When I was a kid, parents and teachers alike decried kids’ reading comic books, asserting that they weren’t “real” books, that kids couldn’t learn from them, that they were “lazy reading,” and more.
My own parents didn’t give me any grief about the comic books I read—mainly Little Lulu, Nancy, Henry, and Donald Duck—because I was such a voracious reader of “real” books that they never had to worry. For economic reasons, they curtailed the number of comics they bought for me, but that was purely a fiscally based decision. It had nothing to do with the value—or alleged danger—of comic books.
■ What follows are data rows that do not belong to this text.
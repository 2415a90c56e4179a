//! Dealing out the sums between any two nodes to the arcs between them.

ghost use Rattle.std.specs.{Prelude.{◌≡◌, ◌<◌, ◌^◌, pos, length, replicate, IfErr, IfOk, OnOk}, List.{All}};
ghost use Rattle.dimacs_instance.specs.MinFlows.{HasBounds};
ghost use Rattle.dimacs_judging.specs.Tests.{AllClear, FirstAlone, Refuses};
ghost use Rattle.dimacs_solve.specs.{Spread.{Deals, NoneCheaper, spread_rows}, inside.ArcsByCost.{AreByCost}};

use crate::arcs_by_cost::{ArcOfCost, arcs_by_cost};
use crate::arcs_by_ends::ArcsByEnds;
use crate::raise::raise_all;
use crate::rests::{add_entries, no_amounts, no_rests, put_lows, put_rests};
use dimacs_claims::{Entry, Solution};
use dimacs_instance::{MaxInstance, MinInstance};
use dimacs_judging::{Flow, JudgeError, Where};
use dimacs_network::Network;
use dimacs_records::Reason;
use std::alloc::Global;

/// Between any two nodes, the result carries the sum of the solution's entries. Their arcs keep their bounds if they
/// can. Otherwise all but the first carry their lower bounds, or their capacities, and the first what is left:
/// `judge_max` refuses the flow there.
///
/// `UnknownArc` at the first entry without an arc. Then `BelowLow` or `AboveCap` at the first arc whose amount doesn't
/// fit 64 bits, as `judge_max` would refuse it.
pub fn spread_max<N: Network>(
    alloc: Global,
    instance: &MaxInstance<N>,
    solution: &Solution,
) -> Result<Flow, JudgeError>
    ensures deals { IfOk result (λ flow. Deals instance.now.arcs solution.now.entries.items flow) }
    ensures tested { IfOk result (λ flow. AllClear (spread_rows instance.now.arcs solution.now.entries.items)) }
    ensures refused { IfErr result (Refuses (FirstAlone (spread_rows instance.now.arcs solution.now.entries.items))) }
{
    let network = instance.network();
    spread(alloc, network, solution)
}

/// The same for a minimum cost flow. Between two nodes whose arcs can keep their bounds, no amounts with this sum that
/// keep them cost less.
pub fn spread_min<N: Network>(
    alloc: Global,
    instance: &MinInstance<N>,
    solution: &Solution,
) -> Result<Flow, JudgeError>
    ensures deals { IfOk result (λ flow. Deals instance.now.arcs solution.now.entries.items flow) }
    ensures least { IfOk result (λ flow. NoneCheaper instance.now.arcs solution.now.entries.items flow) }
    ensures tested { IfOk result (λ flow. AllClear (spread_rows instance.now.arcs solution.now.entries.items)) }
    ensures refused { IfErr result (Refuses (FirstAlone (spread_rows instance.now.arcs solution.now.entries.items))) }
{
    spread(alloc, instance.network(), solution)
}

/// Each arc gets its lower bound; then the arcs are filled, the cheapest first.
fn spread<N: Network>(alloc: Global, network: &N, solution: &Solution) -> Result<Flow, JudgeError>
    requires { All HasBounds (N.list network.now) }
    ensures deals { IfOk result (λ flow. Deals (N.list network.now) solution.now.entries.items flow) }
    ensures least { IfOk result (λ flow. NoneCheaper (N.list network.now) solution.now.entries.items flow) }
    ensures tested { IfOk result (λ flow. AllClear (spread_rows (N.list network.now) solution.now.entries.items)) }
    ensures refused { IfErr result (Refuses (FirstAlone (spread_rows (N.list network.now) solution.now.entries.items))) }
{
    let arcs = ArcsByEnds::of(alloc, network)?;
    let order = arcs_by_cost(alloc, network)?;
    let mut rests = no_rests(alloc, network.arcs())?;
    let mut amounts = no_amounts(alloc, network.arcs())?;
    deal(&arcs, &order, &solution.entries, &mut rests, &mut amounts)?;
    Ok(Flow::from_vec(amounts))
}

/// Deals out the sums of the entries. At first all rests and amounts are 0.
fn deal<N: Network>(
    arcs: &ArcsByEnds<'_, N>,
    order: &[ArcOfCost],
    entries: &[Entry],
    rests: &mut [i128],
    amounts: &mut [i64],
) -> Result<(), (Where, Reason)>
    requires bounds { All HasBounds arcs.now }
    requires arc_limit { length arcs.now < 2 ^ 32 }
    requires entry_limit { length entries.now < 2 ^ 63 }
    requires by_cost { AreByCost arcs.now order.now }
    requires no_rests { rests.old ≡ replicate (length arcs.now) (pos 0) }
    requires no_amounts { amounts.old ≡ replicate (length arcs.now) (pos 0) }
    ensures deals { OnOk result (Deals arcs.now entries.now amounts.new) }
    ensures least { OnOk result (NoneCheaper arcs.now entries.now amounts.new) }
    ensures tested { OnOk result (AllClear (spread_rows arcs.now entries.now)) }
    ensures refused { IfErr result (λ refusal. FirstAlone (spread_rows arcs.now entries.now) refusal.0 refusal.1) }
{
    put_lows(arcs, rests, amounts);
    add_entries(arcs, entries, rests)?;
    raise_all(arcs, order, rests, amounts);
    put_rests(rests, amounts)
}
When my daughter was young, there was still the same old cry about comics, but having read them myself as a child with no great harm befalling my reading skills, I was tolerant of her appreciation of the medium.
And I still stand foursquare on the side of this time-tested form of recreational reading.
Let me state upfront that I have no dog in this race. In fact, if anything, as a book author, I should be in the camp of those who scorn “mere” comic books as “not real reading.”
But I’m not.
I have never written a comic book, don’t own stock in a comic book company…no dog in this race at all. But I see no evil in a child’s devouring a comic book. In fact, I see good.
If a reluctant reader (as so many kids are) can be enticed into reading a comic book, well, hey, guess what…he/she is reading. And I say that’s a good thing. As he reads the comic books, he practices his reading skills. He learns to appreciate the written word…even if more of each page is given over to pictorial matter than to verbiage.
I am not familiar with the comic books of today. I don’t know what’s around. When I was a kid, there were three types: “funny” comics (like the ones I mentioned above), action/adventure comics (Superman and his ilk), and the so-called “Classic Comics,” which retold classic novels like the Three Musketeers in comic book form. (These were aimed at older kids, and sometimes kids who were assigned a classic novel for English class would try to skate by by reading the Classic Comics version.)
I haven’t read a comic book in decades, but I still read the “funnies” in the newspaper. I love The Pajama Diaries, For Better or for Worse, Brewster Rockitt, Curtis, Zits, Baldo, and Baby Blues, to name some of my favorites. I don’t read them instead of the news. I read both. And if a child reads both comic books and “real” books, where’s the harm.
Even if a child reads almost exclusively comics, he may be one of those reluctant readers I referred to earlier, and isn’t it good that at least he’s reading something. When he becomes more proficient and comfortable at reading—through practicing on comic books—he may “graduate” to “real” books.
If he’s proficient at art, he may even grow up to become a comic book or comic strip artist, or if not a comics artist, then a comics writer—and that’s not too shabby a career. Some of the artists and writers of the more popular strips pull down a very decent dollar.
(Not everyone is cut out to be a rocket scientist or brain surgeon or lawyer or Silicon Valley entrepreneur.)
So let’s hear it for comic books. They’re fun, they’re relaxing, most of them are wholesome…but best of all they’re a stepping stone toward more serious reading.
And as the author of so many books (hey, maybe I do have a dog in this race after all), I say that’s a good thing!